Here is a set of records. Copy them all exactly.
*** Opening of GIVEN RECORDS ***
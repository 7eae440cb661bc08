// The verdict on a certificate.
ghost use Rattle.std.specs.Prelude.{◌≡◌, ◌≤◌, IfOk, length};
ghost use Rattle.shq_oracle.specs.Limits.{IsInLimit};
ghost use Rattle.refutation_tree.specs.ReadBack.{IsWritable};
ghost use Rattle.finite_model.specs.ModelLists.{meaning};
ghost use Rattle.decision_jobs.specs.Checking.{CanBeJudged, IsVerdict, IsOfModel, IsOfRefutation, first_unmet};
ghost use Rattle.decision_jobs.specs.Checking.{line_of_place, verdict_of};

use crate::certificate::Certificate;
use crate::checking::Input;
use axiom_sets::AxiomSet;
use finite_model::Interp;
use job_inputs::Verdict;
use refutation_tree::Refutation;
use shq_oracle::check;
use shq_terms::{NoMemory, Ontology, Query};
use std::alloc::Global;

/// Judges the certificate.
///
/// # Errors
///
/// Out of memory.
pub(crate) fn judge(alloc: Global, input: &Input) -> Result<Verdict, NoMemory>
    requires { CanBeJudged input.now }
    ensures { IfOk result (IsVerdict input.now) }
{
    match &input.certificate {
        Certificate::Model(model) => Ok(judge_model(model, &input.ontology, &input.asked)),
        Certificate::Refutation(refutation) => {
            judge_refutation(alloc, refutation, &input.ontology, &input.asked)
        }
    }
}

fn judge_model(model: &Interp, ontology: &Ontology, asked: &Query) -> Verdict
    ensures { IsOfModel ontology.now asked.now model.now result }
{
    if let Some(number) = first_unmet(model, ontology) {
        return Verdict::Axiom(number);
    }
    let _elements = model.size();
    match model.refutes(asked) {
        Some(_) => Verdict::NotEntailed,
        None => Verdict::Query,
    }
}

/// The number of the first axiom that the model does not meet.
fn first_unmet(model: &Interp, ontology: &Ontology) -> Option<u32>
    ensures { result ≡ first_unmet (meaning model.now) 1 ontology.now.axioms }
{
    for index in 0..ontology.axiom_count() {
        if !model.meets(&ontology.axiom(index + 1).axiom) {
            return Some(index + 1);
        }
    }
    None
}

// A refutation that was read names axioms of the document, and so its place is that of a line.
fn judge_refutation(
    alloc: Global,
    refutation: &Refutation,
    ontology: &Ontology,
    asked: &Query,
) -> Result<Verdict, NoMemory>
    requires within { IsInLimit ontology.now asked.now }
    requires writable { IsWritable ontology.now refutation.now }
    requires lines { length refutation.now.lines ≤ 4294967293 }
    ensures { IfOk result (IsOfRefutation ontology.now asked.now refutation.now) }
{
    let all = AxiomSet::full(alloc, ontology.axiom_count())?;
    let verdict = check(alloc, ontology, &all, asked, refutation)?;
    Ok(verdict_of(refutation, verdict))
}

// The verdict on a certificate that is a refutation, from the checker's.
fn verdict_of(refutation: &Refutation, verdict: shq_oracle::Verdict) -> Verdict
    ensures { result ≡ verdict_of refutation.now verdict }
{
    match verdict {
        shq_oracle::Verdict::Accepted => Verdict::Entailed,
        shq_oracle::Verdict::Rejected(place) => { Verdict::Line(line_of_place(refutation, place)) }
    }
}

// The number of the line of the certificate on which the rule line of this place stands.
fn line_of_place(refutation: &Refutation, place: u32) -> u64
    ensures { result ≡ line_of_place refutation.now place }
{
    3 + u64::from(refutation.shape_count()) + u64::from(place)
}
*** Close of GIVEN RECORDS ***
■ PROBLEM SOLUTION:
repository 7eae440cb661bc08
// The verdict on a certificate.
ghost use Rattle.std.specs.Prelude.{◌≡◌, ◌≤◌, IfOk, length};
ghost use Rattle.shq_oracle.specs.Limits.{IsInLimit};
ghost use Rattle.refutation_tree.specs.ReadBack.{IsWritable};
ghost use Rattle.finite_model.specs.ModelLists.{meaning};
ghost use Rattle.decision_jobs.specs.Checking.{CanBeJudged, IsVerdict, IsOfModel, IsOfRefutation, first_unmet};
ghost use Rattle.decision_jobs.specs.Checking.{line_of_place, verdict_of};

use crate::certificate::Certificate;
use crate::checking::Input;
use axiom_sets::AxiomSet;
use finite_model::Interp;
use job_inputs::Verdict;
use refutation_tree::Refutation;
use shq_oracle::check;
use shq_terms::{NoMemory, Ontology, Query};
use std::alloc::Global;

/// Judges the certificate.
///
/// # Errors
///
/// Out of memory.
pub(crate) fn judge(alloc: Global, input: &Input) -> Result<Verdict, NoMemory>
    requires { CanBeJudged input.now }
    ensures { IfOk result (IsVerdict input.now) }
{
    match &input.certificate {
        Certificate::Model(model) => Ok(judge_model(model, &input.ontology, &input.asked)),
        Certificate::Refutation(refutation) => {
            judge_refutation(alloc, refutation, &input.ontology, &input.asked)
        }
    }
}

fn judge_model(model: &Interp, ontology: &Ontology, asked: &Query) -> Verdict
    ensures { IsOfModel ontology.now asked.now model.now result }
{
    if let Some(number) = first_unmet(model, ontology) {
        return Verdict::Axiom(number);
    }
    let _elements = model.size();
    match model.refutes(asked) {
        Some(_) => Verdict::NotEntailed,
        None => Verdict::Query,
    }
}

/// The number of the first axiom that the model does not meet.
fn first_unmet(model: &Interp, ontology: &Ontology) -> Option<u32>
    ensures { result ≡ first_unmet (meaning model.now) 1 ontology.now.axioms }
{
    for index in 0..ontology.axiom_count() {
        if !model.meets(&ontology.axiom(index + 1).axiom) {
            return Some(index + 1);
        }
    }
    None
}

// A refutation that was read names axioms of the document, and so its place is that of a line.
fn judge_refutation(
    alloc: Global,
    refutation: &Refutation,
    ontology: &Ontology,
    asked: &Query,
) -> Result<Verdict, NoMemory>
    requires within { IsInLimit ontology.now asked.now }
    requires writable { IsWritable ontology.now refutation.now }
    requires lines { length refutation.now.lines ≤ 4294967293 }
    ensures { IfOk result (IsOfRefutation ontology.now asked.now refutation.now) }
{
    let all = AxiomSet::full(alloc, ontology.axiom_count())?;
    let verdict = check(alloc, ontology, &all, asked, refutation)?;
    Ok(verdict_of(refutation, verdict))
}

// The verdict on a certificate that is a refutation, from the checker's.
fn verdict_of(refutation: &Refutation, verdict: shq_oracle::Verdict) -> Verdict
    ensures { result ≡ verdict_of refutation.now verdict }
{
    match verdict {
        shq_oracle::Verdict::Accepted => Verdict::Entailed,
        shq_oracle::Verdict::Rejected(place) => { Verdict::Line(line_of_place(refutation, place)) }
    }
}

// The number of the line of the certificate on which the rule line of this place stands.
fn line_of_place(refutation: &Refutation, place: u32) -> u64
    ensures { result ≡ line_of_place refutation.now place }
{
    3 + u64::from(refutation.shape_count()) + u64::from(place)
}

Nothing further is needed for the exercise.